Le restaurant, situé dans le quartier des divertissements de Toronto, n’a eu aucun problème à trouver du personnel avant la pandémie désireux de travailler dans le quartier animé.

« Nous avons toujours eu des gens qui venaient, des CV qui arrivaient », a déclaré Pankova.

Mais ce sont des temps différents. Alors que les restaurants de l’Ontario se préparent à rouvrir les patios le 11 juin, la concurrence pour le personnel s’intensifie. Cibo a tenu son tout premier salon de l’emploi la semaine dernière, après la levée de l’ordonnance de maintien à domicile de l’Ontario. Les entretiens ont été espacés dans le temps et distanciés physiquement au restaurant vide.

Les personnes interrogées ont été informées sur place si elles obtenaient le poste.

« Si vous aimez quelqu’un… nous devons l’embaucher tout de suite », a déclaré Pankova.

REGARDER | La quête pour trouver le personnel du restaurant :

La directrice générale du Cibo Wine Bar, Lora Pankova, a organisé un salon de l’emploi dans l’espoir d’embaucher des dizaines de personnes expérimentées le plus rapidement possible. 0:25

En mai, il y avait encore 364 000 personnes de moins à travailler dans le secteur de l’hébergement et de la restauration par rapport à février 2020, selon l’enquête sur la population active de Statistique Canada. Les économistes s’attendent à ce que bon nombre des postes perdus reviendront à mesure que les restrictions seront levées, mais les remplir est le nouveau défi.

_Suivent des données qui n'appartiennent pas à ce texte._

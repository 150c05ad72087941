//! The values of indices, the numbers of loops and the conditions of branches.
ghost use Rattle.std.specs.Prelude.{◌≡◌, map, neg_ℤ, pos, ◌≤ℤ◌, IfOk};
ghost use Rattle.kernel_ast.specs.Places as spec;

use crate::numbers::LoopNumbers;
use comp_graph::Op;
use kernel_ast::{Fault, Index, IndexLink, IndexTree, Relation, RunRule};

/// A value that an index may have on the way, from -1,000,000 to 1,000,000.
fn small(n: i64) -> Option<i64>
    ensures { result ≡ spec.small n }
{
    if n >= -1_000_000 && n <= 1_000_000 {
        Some(n)
    } else {
        None
    }
}

fn small_of(n: Option<i64>) -> Option<i64>
    ensures { result ≡ spec.then_small n spec.small }
{
    match n {
        Some(n) => small(n),
        None => None,
    }
}

fn minus_value(n: i64) -> Option<i64>
    ensures { result ≡ spec.small (neg_ℤ n) }
{
    small_of(n.checked_neg())
}

fn operator_value(op: Op, a: i64, b: i64) -> Option<i64>
    ensures { result ≡ spec.small (spec.index_value_of op a b) }
{
    match op {
        Op::Add => small_of(a.checked_add(b)),
        Op::Sub => small_of(a.checked_sub(b)),
        Op::Mul => small_of(a.checked_mul(b)),
        _ => small(a),
    }
}

/// The index of the k-th open loop from outside, and 0 where so many loops are not open.
pub fn turn(indices: &[i64], k: u8) -> i64
    ensures { result ≡ spec.turn indices.now k }
{
    match indices.get(k as usize) {
        Some(i) => *i,
        None => 0,
    }
}

#[cycle(index)]
fn tree_value(indices: &[i64], tree: &IndexTree) -> Option<i64>
    ensures { result ≡ spec.index_value indices.now tree.now }
{
    match tree {
        IndexTree::Number(n) => small(*n),
        IndexTree::Turn(k) => Some(turn(indices, *k)),
        IndexTree::Minus(value) => minus_value(tree_value(indices, value.get())?),
        IndexTree::Chain { first, rest } => {
            let first = tree_value(indices, first.get())?;
            chain_value(indices, first, rest.as_slice())
        }
    }
}

#[cycle(index)]
fn chain_value(indices: &[i64], first: i64, rest: &[IndexLink]) -> Option<i64>
    ensures { result ≡ spec.index_chain first (map (spec.index_link indices.now) rest.now) }
{
    let mut total = first;
    for link in rest {
        let value = tree_value(indices, &link.value)?;
        total = operator_value(link.op, total, value)?;
    }
    Some(total)
}

/// The value of an index while the open loops stand at `indices`.
///
/// # Errors
///
/// Fault 14 at the index's first token, exactly where a number in it, or the value of an operator or a minus sign, is below -1,000,000 or
/// above 1,000,000.
pub fn index_value(indices: &[i64], index: &Index) -> Result<i64, Fault>
    ensures { result ≡ spec.value_of_index indices.now index.now }
{
    match tree_value(indices, &index.tree) {
        Some(n) => Ok(n),
        None => Err(RunRule::BigIndex.at(index.at)),
    }
}

/// The step of a loop, 1 where none is written.
fn step_of(indices: &[i64], by: &Option<Index>) -> Result<i64, Fault>
    ensures value { result ≡ spec.step_of indices.now by.now }
    ensures forward { IfOk result (λ step. pos 1 ≤ℤ step) }
{
    match by {
        Some(by) => {
            let step = index_value(indices, by)?;
            if step < 1 {
                return Err(RunRule::BadStep.at(by.at));
            }
            Ok(step)
        }
        None => Ok(1),
    }
}

/// The numbers that the index of a loop takes, while the loops around it stand at `indices`. The first bound, the second one and the step
/// are evaluated, and then the step is tested.
///
/// # Errors
///
/// The fault of the first bound, or else that of the second, or else that of the step, as [`index_value`] has it; or else fault 17 at the
/// step's first token, exactly where its value is below 1.
#[tactic(auto, unfolding(kernel_ast::specs::Places::loop_numbers))]
pub fn loop_numbers(
    indices: &[i64],
    from: &Index,
    to: &Index,
    by: &Option<Index>,
) -> Result<LoopNumbers, Fault>
    ensures { result ≡ spec.loop_numbers indices.now from.now to.now by.now }
{
    let from = index_value(indices, from)?;
    let to = index_value(indices, to)?;
    let step = step_of(indices, by)?;
    Ok(LoopNumbers::new(from, to, step))
}

/// Whether a relation holds of two numbers.
fn is_related(rel: Relation, left: i64, right: i64) -> bool
    ensures { result ≡ spec.is_related rel left right }
{
    match rel {
        Relation::Equal => left == right,
        Relation::NotEqual => left != right,
        Relation::Less => left < right,
        Relation::AtMost => left <= right,
        Relation::More => left > right,
        Relation::AtLeast => left >= right,
    }
}

/// Whether the relation of a branch holds, while the loops around it stand at `indices`. Its left side is evaluated, and then its right
/// one.
///
/// # Errors
///
/// The fault of the left side, or else that of the right one, as [`index_value`] has it.
#[tactic(auto, unfolding(kernel_ast::specs::Places::condition))]
pub fn condition(indices: &[i64], left: &Index, rel: Relation, right: &Index) -> Result<bool, Fault>
    ensures { result ≡ spec.condition indices.now left.now rel right.now }
{
    let left = index_value(indices, left)?;
    let right = index_value(indices, right)?;
    Ok(is_related(rel, left, right))
}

Lorsque le restaurant italien de Toronto Oretta ouvrira sa terrasse vendredi, il y aura encore des lacunes dans son personnel – la direction aidera donc à servir les clients.

« Je pensais honnêtement que nous allions être submergés par les candidatures », a déclaré le directeur du bar Oretta, Alessandro Aureli.

Aureli dit que les gens réévaluent leur carrière et leur mode de vie, tandis que d’autres sont préoccupés par leur santé et leur sécurité alors que la pandémie se poursuit.

« Cela s’est traduit par la perte de certains membres du personnel », a déclaré Aureli.

« Ça a été une lutte pour trouver de nouvelles embauches. »

Pénurie de travailleurs avant la pandémie

Avant COVID-19, le secteur de la restauration avait déjà du mal à pourvoir plus de 60 000 postes vacants, selon le groupe industriel Restaurants Canada, et il affirme que la pandémie a exacerbé la situation.

Les défis en matière de dotation ne se limitent pas à l’Ontario, selon le vice-président du groupe pour l’Ouest canadien, Mark von Schellwitz.

« Avec les arrêts et les débuts des restrictions et les difficultés avec COVID, beaucoup de nos anciens employés en Colombie-Britannique et en Alberta ont continué et ont trouvé des emplois dans d’autres carrières qui n’ont pas été aussi touchées par COVID, car ils ne pouvaient tout simplement pas gérer le l’incertitude », a-t-il déclaré.

En Colombie-Britannique, les repas à l’intérieur ont été récemment fermé le 29 mars. La fermeture a duré deux mois.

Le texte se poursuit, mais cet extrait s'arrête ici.